Exercise requirements: A faithful transcription of the entries below is required.

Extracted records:
----------------------------------------

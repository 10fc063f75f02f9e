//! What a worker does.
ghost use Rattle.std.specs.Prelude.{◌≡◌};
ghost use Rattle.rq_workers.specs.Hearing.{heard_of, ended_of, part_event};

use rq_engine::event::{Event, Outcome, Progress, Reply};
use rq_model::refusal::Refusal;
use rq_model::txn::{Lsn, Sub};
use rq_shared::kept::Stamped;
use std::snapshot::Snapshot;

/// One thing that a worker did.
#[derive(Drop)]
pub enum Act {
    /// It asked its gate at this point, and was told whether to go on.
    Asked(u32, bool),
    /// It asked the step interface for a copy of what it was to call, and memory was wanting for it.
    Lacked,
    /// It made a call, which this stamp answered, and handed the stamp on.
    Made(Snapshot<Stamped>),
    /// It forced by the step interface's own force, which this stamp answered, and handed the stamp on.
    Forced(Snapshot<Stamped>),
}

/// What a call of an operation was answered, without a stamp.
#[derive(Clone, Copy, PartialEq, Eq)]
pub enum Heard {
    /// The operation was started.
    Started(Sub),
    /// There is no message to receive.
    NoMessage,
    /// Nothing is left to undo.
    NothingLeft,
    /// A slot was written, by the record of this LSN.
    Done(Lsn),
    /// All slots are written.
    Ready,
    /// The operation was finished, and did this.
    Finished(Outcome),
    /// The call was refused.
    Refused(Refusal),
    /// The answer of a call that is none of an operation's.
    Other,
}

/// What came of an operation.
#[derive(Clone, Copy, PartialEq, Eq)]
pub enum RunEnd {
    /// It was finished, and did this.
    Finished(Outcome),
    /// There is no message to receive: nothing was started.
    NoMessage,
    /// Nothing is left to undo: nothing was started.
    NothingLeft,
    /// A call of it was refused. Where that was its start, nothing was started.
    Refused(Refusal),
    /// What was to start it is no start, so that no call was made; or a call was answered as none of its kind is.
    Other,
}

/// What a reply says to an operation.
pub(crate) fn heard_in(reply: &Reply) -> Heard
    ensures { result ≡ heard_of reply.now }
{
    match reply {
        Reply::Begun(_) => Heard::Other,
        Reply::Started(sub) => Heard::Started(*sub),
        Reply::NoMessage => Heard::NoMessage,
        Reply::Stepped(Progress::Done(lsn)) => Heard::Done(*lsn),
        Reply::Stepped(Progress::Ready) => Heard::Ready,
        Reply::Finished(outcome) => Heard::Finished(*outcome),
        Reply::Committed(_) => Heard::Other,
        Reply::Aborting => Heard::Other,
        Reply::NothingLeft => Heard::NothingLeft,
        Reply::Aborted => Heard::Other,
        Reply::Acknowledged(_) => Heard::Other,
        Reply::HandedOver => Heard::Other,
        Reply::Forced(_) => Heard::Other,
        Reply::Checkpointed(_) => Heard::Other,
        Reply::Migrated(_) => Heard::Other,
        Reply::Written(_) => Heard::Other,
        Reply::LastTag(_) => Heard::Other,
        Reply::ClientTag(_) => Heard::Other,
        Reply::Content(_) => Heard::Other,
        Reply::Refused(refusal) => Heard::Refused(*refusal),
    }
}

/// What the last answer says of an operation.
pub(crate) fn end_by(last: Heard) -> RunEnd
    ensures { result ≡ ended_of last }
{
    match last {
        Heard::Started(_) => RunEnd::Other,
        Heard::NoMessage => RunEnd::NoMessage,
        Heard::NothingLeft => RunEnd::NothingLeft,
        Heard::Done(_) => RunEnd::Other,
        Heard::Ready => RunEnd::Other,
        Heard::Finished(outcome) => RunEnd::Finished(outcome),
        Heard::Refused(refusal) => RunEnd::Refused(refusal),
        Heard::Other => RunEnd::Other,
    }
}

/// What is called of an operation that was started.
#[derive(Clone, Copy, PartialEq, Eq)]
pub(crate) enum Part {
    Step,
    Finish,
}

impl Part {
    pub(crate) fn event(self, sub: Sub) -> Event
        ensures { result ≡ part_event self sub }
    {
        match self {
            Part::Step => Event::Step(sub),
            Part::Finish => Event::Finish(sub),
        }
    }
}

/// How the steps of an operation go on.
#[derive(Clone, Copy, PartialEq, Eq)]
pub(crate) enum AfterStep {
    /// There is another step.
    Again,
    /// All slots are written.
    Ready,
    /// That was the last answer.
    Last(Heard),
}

----------------------------------------

Exercise result:
repository 10fc063f75f02f9e
//! What a worker does.
ghost use Rattle.std.specs.Prelude.{◌≡◌};
ghost use Rattle.rq_workers.specs.Hearing.{heard_of, ended_of, part_event};

use rq_engine::event::{Event, Outcome, Progress, Reply};
use rq_model::refusal::Refusal;
use rq_model::txn::{Lsn, Sub};
use rq_shared::kept::Stamped;
use std::snapshot::Snapshot;

/// One thing that a worker did.
#[derive(Drop)]
pub enum Act {
    /// It asked its gate at this point, and was told whether to go on.
    Asked(u32, bool),
    /// It asked the step interface for a copy of what it was to call, and memory was wanting for it.
    Lacked,
    /// It made a call, which this stamp answered, and handed the stamp on.
    Made(Snapshot<Stamped>),
    /// It forced by the step interface's own force, which this stamp answered, and handed the stamp on.
    Forced(Snapshot<Stamped>),
}

/// What a call of an operation was answered, without a stamp.
#[derive(Clone, Copy, PartialEq, Eq)]
pub enum Heard {
    /// The operation was started.
    Started(Sub),
    /// There is no message to receive.
    NoMessage,
    /// Nothing is left to undo.
    NothingLeft,
    /// A slot was written, by the record of this LSN.
    Done(Lsn),
    /// All slots are written.
    Ready,
    /// The operation was finished, and did this.
    Finished(Outcome),
    /// The call was refused.
    Refused(Refusal),
    /// The answer of a call that is none of an operation's.
    Other,
}

/// What came of an operation.
#[derive(Clone, Copy, PartialEq, Eq)]
pub enum RunEnd {
    /// It was finished, and did this.
    Finished(Outcome),
    /// There is no message to receive: nothing was started.
    NoMessage,
    /// Nothing is left to undo: nothing was started.
    NothingLeft,
    /// A call of it was refused. Where that was its start, nothing was started.
    Refused(Refusal),
    /// What was to start it is no start, so that no call was made; or a call was answered as none of its kind is.
    Other,
}

/// What a reply says to an operation.
pub(crate) fn heard_in(reply: &Reply) -> Heard
    ensures { result ≡ heard_of reply.now }
{
    match reply {
        Reply::Begun(_) => Heard::Other,
        Reply::Started(sub) => Heard::Started(*sub),
        Reply::NoMessage => Heard::NoMessage,
        Reply::Stepped(Progress::Done(lsn)) => Heard::Done(*lsn),
        Reply::Stepped(Progress::Ready) => Heard::Ready,
        Reply::Finished(outcome) => Heard::Finished(*outcome),
        Reply::Committed(_) => Heard::Other,
        Reply::Aborting => Heard::Other,
        Reply::NothingLeft => Heard::NothingLeft,
        Reply::Aborted => Heard::Other,
        Reply::Acknowledged(_) => Heard::Other,
        Reply::HandedOver => Heard::Other,
        Reply::Forced(_) => Heard::Other,
        Reply::Checkpointed(_) => Heard::Other,
        Reply::Migrated(_) => Heard::Other,
        Reply::Written(_) => Heard::Other,
        Reply::LastTag(_) => Heard::Other,
        Reply::ClientTag(_) => Heard::Other,
        Reply::Content(_) => Heard::Other,
        Reply::Refused(refusal) => Heard::Refused(*refusal),
    }
}

/// What the last answer says of an operation.
pub(crate) fn end_by(last: Heard) -> RunEnd
    ensures { result ≡ ended_of last }
{
    match last {
        Heard::Started(_) => RunEnd::Other,
        Heard::NoMessage => RunEnd::NoMessage,
        Heard::NothingLeft => RunEnd::NothingLeft,
        Heard::Done(_) => RunEnd::Other,
        Heard::Ready => RunEnd::Other,
        Heard::Finished(outcome) => RunEnd::Finished(outcome),
        Heard::Refused(refusal) => RunEnd::Refused(refusal),
        Heard::Other => RunEnd::Other,
    }
}

/// What is called of an operation that was started.
#[derive(Clone, Copy, PartialEq, Eq)]
pub(crate) enum Part {
    Step,
    Finish,
}

impl Part {
    pub(crate) fn event(self, sub: Sub) -> Event
        ensures { result ≡ part_event self sub }
    {
        match self {
            Part::Step => Event::Step(sub),
            Part::Finish => Event::Finish(sub),
        }
    }
}

/// How the steps of an operation go on.
#[derive(Clone, Copy, PartialEq, Eq)]
pub(crate) enum AfterStep {
    /// There is another step.
    Again,
    /// All slots are written.
    Ready,
    /// That was the last answer.
    Last(Heard),
}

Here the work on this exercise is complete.